Hoping my (now 7-year-old) son, Gianni, will read this when he reaches his teens.
Dialogue from my morning interaction with a twenty-something stranger at a downtown cafe.
“What can I get you?”
“The best thing you can do for me, right now, at this exact moment, is an organic green tea.”
Suddenly it dawned on me — the best thing anyone can do for me at this particular moment is serve up an organic green tea.
When I frame the encounter accordingly in my mind, ordering hot tea on a winter day is no longer a mindless, mundane and low-vibration exchange. Instead, ordering tea becomes sort of a big deal.
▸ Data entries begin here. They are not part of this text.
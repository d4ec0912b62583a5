//! The body that answers `setBreakpoints`: what became of each breakpoint.

use crate::members::{BREAKPOINTS, ID, INSTRUCTION_REFERENCE, LINE, MESSAGE, VERIFIED};
use crate::part::Part;
use crate::{find, member};
use json::Writer;
use protocol::{Entries, Text, Unread};
use serde_json::Value;
use std::alloc::{AllocError, Global};

/// What became of the breakpoints of a source (`SetBreakpointsResponse`).
#[derive(Drop)]
pub struct SetBreakpoints {
    /// What became of each, in the order in which they were asked for.
    pub breakpoints: Entries<SourceBreakpoint>,
}

/// What became of a breakpoint at a line (`Breakpoint`).
#[derive(Drop)]
pub enum SourceBreakpoint {
    /// It is set.
    Verified {
        /// The number by which a stop names it.
        id: u32,
        /// The address at which it stops.
        instruction_reference: u32,
        /// The line of that address.
        line: u32,
    },
    /// It is not.
    Unverified {
        /// The line that was asked for.
        line: u32,
        /// Why it is not set, for people.
        message: Text,
    },
}

impl Part for SetBreakpoints {
    ghost use Rattle.message_parts.specs.SetBreakpoints.{set_breakpoints};

    ghost form = { set_breakpoints };

    fn write(&self, out: &mut Writer) -> Result<(), AllocError> {
        out.begin_object()?;
        member::part(out, BREAKPOINTS, &self.breakpoints)?;
        out.end_object()
    }

    fn read(alloc: Global, value: &Value) -> Result<SetBreakpoints, Unread> {
        Ok(SetBreakpoints {
            breakpoints: find::part(alloc, value, BREAKPOINTS)?,
        })
    }
}

impl Part for SourceBreakpoint {
    ghost use Rattle.message_parts.specs.SetBreakpoints.{source_breakpoint};

    ghost form = { source_breakpoint };

    fn write(&self, out: &mut Writer) -> Result<(), AllocError> {
        match self {
            SourceBreakpoint::Verified {
                id,
                instruction_reference,
                line,
            } => {
                out.begin_object()?;
                member::number(out, ID, *id)?;
                member::address(out, INSTRUCTION_REFERENCE, *instruction_reference)?;
                member::number(out, LINE, *line)?;
                member::truth(out, VERIFIED, true)?;
                out.end_object()
            }
            SourceBreakpoint::Unverified { line, message } => {
                out.begin_object()?;
                member::number(out, LINE, *line)?;
                member::text(out, MESSAGE, message.as_str())?;
                member::truth(out, VERIFIED, false)?;
                out.end_object()
            }
        }
    }

    fn read(alloc: Global, value: &Value) -> Result<SourceBreakpoint, Unread> {
        if find::truth(value, VERIFIED)? {
            Ok(SourceBreakpoint::Verified {
                id: find::number(value, ID)?,
                instruction_reference: find::address(value, INSTRUCTION_REFERENCE)?,
                line: find::number(value, LINE)?,
            })
        } else {
            Ok(SourceBreakpoint::Unverified {
                line: find::number(value, LINE)?,
                message: find::text(alloc, value, MESSAGE)?,
            })
        }
    }
}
It becomes downright fantastic. It becomes grounds, not for a the-customer-is-always-right mindset, but an attitude of gratitude.
Why shouldn’t we consistently exhibit as much kindness, enthusiasm and humanity on the purchasing side as we expect on the “customer service” side of a transaction?
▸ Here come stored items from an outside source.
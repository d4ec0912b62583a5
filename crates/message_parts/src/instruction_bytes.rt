//! The bytes of an instruction as text: low byte first, two hexadecimal digits each, single spaces
//! between.
ghost use Rattle.std.specs.Prelude.{◌≡◌, OnOk, option_and_then};
ghost use Rattle.protocol.specs.Arguments.{Reads};
ghost use Rattle.serde_json.specs.Data.{member, no_members, string};
ghost use Rattle.serde_json.specs.Find.{get};
ghost use Rattle.serde_json.specs.View.{view};
ghost use Rattle.message_parts.specs.InstructionBytes.{bytes_text, instruction_bytes, word_of_bytes};
ghost use Rattle.message_parts.specs.Written.{AreWritten, IsWritten};

use crate::address::{hex_digit, word_in};
use json::Writer;
use protocol::Unread;
use serde_json::Value;
use std::alloc::AllocError;
use std::str;

/// A member that is the bytes of a word. It fails where no memory is left, and then the writer is
/// of no more use.
pub(crate) fn member(out: &mut Writer, name: &str, word: u32) -> Result<(), AllocError>
    ensures { OnOk result (AreWritten out.old out.new
        (member name.now (instruction_bytes.value word) no_members)) }
{
    out.key(name)?;
    write(out, word)
}

/// The member that is the bytes of a word; `Bad` where it is none.
pub(crate) fn find(value: &Value, name: &str) -> Result<u32, Unread>
    ensures { Reads result (option_and_then instruction_bytes.found
        (get name.now (view value.now))) }
{
    let text = value.get(name).and_then(Value::as_str).ok_or(Unread::Bad)?;
    word_of_bytes(text.as_bytes()).ok_or(Unread::Bad)
}

/// The bytes of a word as text.
fn write(out: &mut Writer, word: u32) -> Result<(), AllocError>
    ensures { OnOk result (IsWritten out.old out.new (string (bytes_text word))) }
{
    match str::from_utf8(&text_of(word)) {
        Ok(text) => out.string(text),
        Err(_) => unreachable!(),
    }
}

fn text_of(word: u32) -> [u8; 11]
    ensures { result ≡ bytes_text word }
{
    [
        hex_digit(word >> 4 & 15),
        hex_digit(word & 15),
        b' ',
        hex_digit(word >> 12 & 15),
        hex_digit(word >> 8 & 15),
        b' ',
        hex_digit(word >> 20 & 15),
        hex_digit(word >> 16 & 15),
        b' ',
        hex_digit(word >> 28),
        hex_digit(word >> 24 & 15),
    ]
}

/// The word whose bytes a text is taken for.
#[tactic(auto, unfolding(crate::specs::InstructionBytes::word_of_bytes))]
fn word_of_bytes(text: &[u8]) -> Option<u32>
    ensures { result ≡ word_of_bytes text.now }
{
    match text {
        [a, b, _, c, d, _, e, f, _, g, h] => {
            word_in(&[b'0', b'x', *g, *h, *e, *f, *c, *d, *a, *b])
        }
        _ => None,
    }
}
I paid for the tea and walked away feeling as if I had been invited into someone’s home. The pleasure was mine, not the cafe’s. I came away feeling as if I had stumbled upon a valuable mindtrick, a refreshing, non-entitlement perspective. The start of something new. As though no future purchase will ever be the same.
The little things — because they comprise the overwhelming majority of our life moments — are in fact the big things. Whenever I walk into a store or restaurant, I will do my best to think of the person greeting me as a gracious host welcoming me into their home. Someone who’s making my world better. A dream-weaver. Fulfilling the best thing that anyone can do for me at this particular moment.
As Eckhart Tolle would say, “What could possibly be better than that?”